▶ Exercise prompt: Find the lines below that contain the word "operatorName" and count them. Only the number should be given.
[[ Data shown, beginning ]]
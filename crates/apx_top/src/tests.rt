//! Whole runs over devices in memory: what each prints, what it stores, its status and its error line.
ghost use Rattle.std.specs.Prelude.{IsTrue};

use super::*;
use crate::calls::plain;
use apx_device::{
    FailingFolder, FailingKeeper, Folder, Keeper, ListedFolder, MemoryFolder, MemoryKeeper,
    MemoryOut, MemorySpools, MemoryVault,
};
use std::alloc::{AllocError, Global};
use std::process::Abort;
use std::test::Fail;

/// Counts the lines of in.txt, two to a window.
const COUNTED: &str =
    r#"{"operators":[{"name":"read","class":"lines","properties":{"file":"in.txt","perWindow":2}},{"name":"tally","class":"count"},{"name":"out","class":"store"}],"streams":[{"name":"s1","source":{"operatorName":"read","portName":"output"},"sinks":[{"operatorName":"tally","portName":"input"}]},{"name":"s2","source":{"operatorName":"tally","portName":"output"},"sinks":[{"operatorName":"out","portName":"input"}]}]}"#;

/// Counts the words of in.txt, two lines to a window.
pub(crate) const WORDS_COUNTED: &str = r#"{"operators": [
  {"name": "read", "class": "lines", "properties": {"file": "in.txt", "perWindow": 2}},
  {"name": "split", "class": "words"},
  {"name": "tally", "class": "count", "attributes": {"PARTITIONS": 2}},
  {"name": "out", "class": "store"}],
 "streams": [
  {"name": "s1", "source": {"operatorName": "read", "portName": "output"},
   "sinks": [{"operatorName": "split", "portName": "input"}]},
  {"name": "s2", "source": {"operatorName": "split", "portName": "output"},
   "sinks": [{"operatorName": "tally", "portName": "input"}]},
  {"name": "s3", "source": {"operatorName": "tally", "portName": "output"},
   "sinks": [{"operatorName": "out", "portName": "input"}]}]}"#;

/// What the counted lines a, b, a print.
const COUNTED_TEXT: &str =
    "window 1 4294967296000000000 2\na\t1\nb\t1\nwindow 2 4294967296000000001 1\na\t2\n";

/// Input lines or pairs of in.txt, by themselves or two to a window.
const SINGLE_LINES: &str = r#""class":"lines","properties":{"file":"in.txt","perWindow":1}"#;

const DOUBLE_LINES: &str = r#""class":"lines","properties":{"file":"in.txt","perWindow":2}"#;

const SINGLE_PAIRS: &str = r#""class":"pairs","properties":{"file":"in.txt","perWindow":1}"#;

/// What a run left behind; the stored rows are shown one by one, with a bar after each window.
#[derive(Drop)]
struct Left {
    status: u8,
    out: Vec<u8>,
    err: Vec<u8>,
    stored: Vec<u8>,
}

fn folder(alloc: Global, files: &[(&str, &str)]) -> Result<MemoryFolder, AllocError> {
    let mut folder = MemoryFolder::new(alloc);
    for (name, text) in files {
        folder.add(alloc, name, Vec::from_slice(alloc, text.as_bytes())?)?;
    }
    Ok(folder)
}

pub(crate) fn words(alloc: Global, words: &[&str]) -> Result<Vec<String>, AllocError> {
    let mut texts = Vec::new(alloc);
    for word in words {
        texts.push(String::from_str(alloc, word)?)?;
    }
    Ok(texts)
}

/// The pieces, one after the other.
pub(crate) fn joined(alloc: Global, pieces: &[&str]) -> Result<String, AllocError> {
    let mut text = String::new(alloc);
    for piece in pieces {
        text.push_str(piece)?;
    }
    Ok(text)
}

/// A text of `count` copies of a piece.
pub(crate) fn copies(alloc: Global, piece: &str, count: usize) -> Result<String, AllocError> {
    let mut text = String::new(alloc);
    for _ in 0..count {
        text.push_str(piece)?;
    }
    Ok(text)
}

/// Adds the rows of a stored window to a text.
fn show_window<K: Keeper>(
    alloc: Global,
    keeper: &mut K,
    window: u32,
    text: &mut Vec<u8>,
) -> Result<(), Fail> {
    if !keeper.sound() || window < 1 || keeper.last() < window {
        return Err("no such window")?;
    }
    for row in keeper.rows(alloc, window)?.iter() {
        text.extend_from_slice(row.key.bytes())?;
        text.push(b'=')?;
        let value = row.value.to_string(alloc)?;
        text.extend_from_slice(value.as_bytes())?;
        text.push(b' ')?;
    }
    text.push(b'|')?;
    Ok(())
}

/// All that a keeper holds.
pub(crate) fn shown<K: Keeper>(alloc: Global, keeper: &mut K) -> Result<Vec<u8>, Fail> {
    let mut text = Vec::new(alloc);
    for done in 0..keeper.last() {
        show_window(alloc, keeper, done + 1, &mut text)?;
    }
    Ok(text)
}

/// What a run with these words over these devices leaves.
fn run_on<F: Folder, K: Keeper + Drop>(
    alloc: Global,
    given: &[&str],
    files: &mut F,
    keeper: K,
    mut out: MemoryOut,
) -> Result<Left, Fail>
    requires { IsTrue (K.sound keeper) }
{
    let given = words(alloc, given)?;
    let mut err = MemoryOut::new(alloc);
    let Ended {
        status,
        end: _,
        devices,
        journal: _,
        shown: _,
        spool: _,
    } = plain(
        alloc,
        &given,
        files,
        Devices {
            keeper,
            vault: MemoryVault::new(alloc),
            spools: MemorySpools::new(alloc),
        },
        &mut out,
        &mut err,
    );
    let Devices {
        mut keeper,
        vault: _,
        spools: _,
    } = devices;
    Ok(Left {
        status,
        out: Vec::from_slice(alloc, out.written())?,
        err: Vec::from_slice(alloc, err.written())?,
        stored: shown(alloc, &mut keeper)?,
    })
}

/// What a run with these words over these files leaves, with devices that don't fail.
fn run(alloc: Global, given: &[&str], files: &[(&str, &str)]) -> Result<Left, Fail> {
    let mut files = folder(alloc, files)?;
    let keeper = MemoryKeeper::new(alloc);
    run_on(alloc, given, &mut files, keeper, MemoryOut::new(alloc))
}

/// What a run of this application over this in.txt leaves.
fn simulate(alloc: Global, app: &str, input: &str) -> Result<Left, Fail> {
    run(
        alloc,
        &["sim", "app.json"],
        &[("app.json", app), ("in.txt", input)],
    )
}

/// What a run leaves of an input, one operator and the store.
fn pipe(alloc: Global, read: &str, step: &str, input: &str) -> Result<Left, Fail> {
    let app = joined(
        alloc,
        &[
            r#"{"operators":[{"name":"read","#,
            read,
            r#"},{"name":"step","#,
            step,
            r#"},{"name":"out","class":"store"}],"streams":[{"name":"s1","source":{"operatorName":"read","portName":"output"},"sinks":[{"operatorName":"step","portName":"input"}]},{"name":"s2","source":{"operatorName":"step","portName":"output"},"sinks":[{"operatorName":"out","portName":"input"}]}]}"#,
        ],
    )?;
    simulate(alloc, app.as_str(), input)
}

fn expect(rt: &impl Abort, left: &Left, status: u8, out: &str, err: &str, stored: &str) {
    assert_eq!(rt; left.err.as_slice(), err.as_bytes());
    assert_eq!(rt; left.status, status);
    assert_eq!(rt; left.out.as_slice(), out.as_bytes());
    assert_eq!(rt; left.stored.as_slice(), stored.as_bytes());
}

/// Expects a run that was done and reported.
fn expect_done(rt: &impl Abort, left: &Left, out: &str, stored: &str) {
    assert_eq!(rt; left.status, 0);
    assert_eq!(rt; left.out.as_slice(), out.as_bytes());
    assert_eq!(rt; left.stored.as_slice(), stored.as_bytes());
}

/// Expects a run that printed and stored nothing.
fn expect_refused(rt: &impl Abort, left: &Left, status: u8, err: &str) {
    expect(rt, left, status, "", err, "");
}

#[test]
fn lines_are_counted(rt: HostRuntime) -> Result<(), Fail> {
    let left = simulate(rt.alloc(), COUNTED, "a\nb\na\n")?;
    expect_done(&rt, &left, COUNTED_TEXT, "a=1 b=1 |a=2 |");
    let left = simulate(rt.alloc(), COUNTED, "")?;
    expect_done(&rt, &left, "", "");
    Ok(())
}

#[test]
fn lines_are_summed_as_ones(rt: HostRuntime) -> Result<(), Fail> {
    let left = pipe(rt.alloc(), DOUBLE_LINES, r#""class":"sum""#, "a\nb\na\n")?;
    expect_done(&rt, &left, COUNTED_TEXT, "a=1 b=1 |a=2 |");
    Ok(())
}

#[test]
fn words_are_counted(rt: HostRuntime) -> Result<(), Fail> {
    let left = simulate(rt.alloc(), WORDS_COUNTED, "a b\na\nc a\n")?;
    let text =
        "window 1 4294967296000000000 2\na\t2\nb\t1\nwindow 2 4294967296000000001 2\na\t3\nc\t1\n";
    expect_done(&rt, &left, text, "a=2 b=1 |a=3 c=1 |");
    let left = simulate(rt.alloc(), WORDS_COUNTED, "")?;
    expect_done(&rt, &left, "", "");
    Ok(())
}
[[ Data shown, end ]]
▶ Reply: 8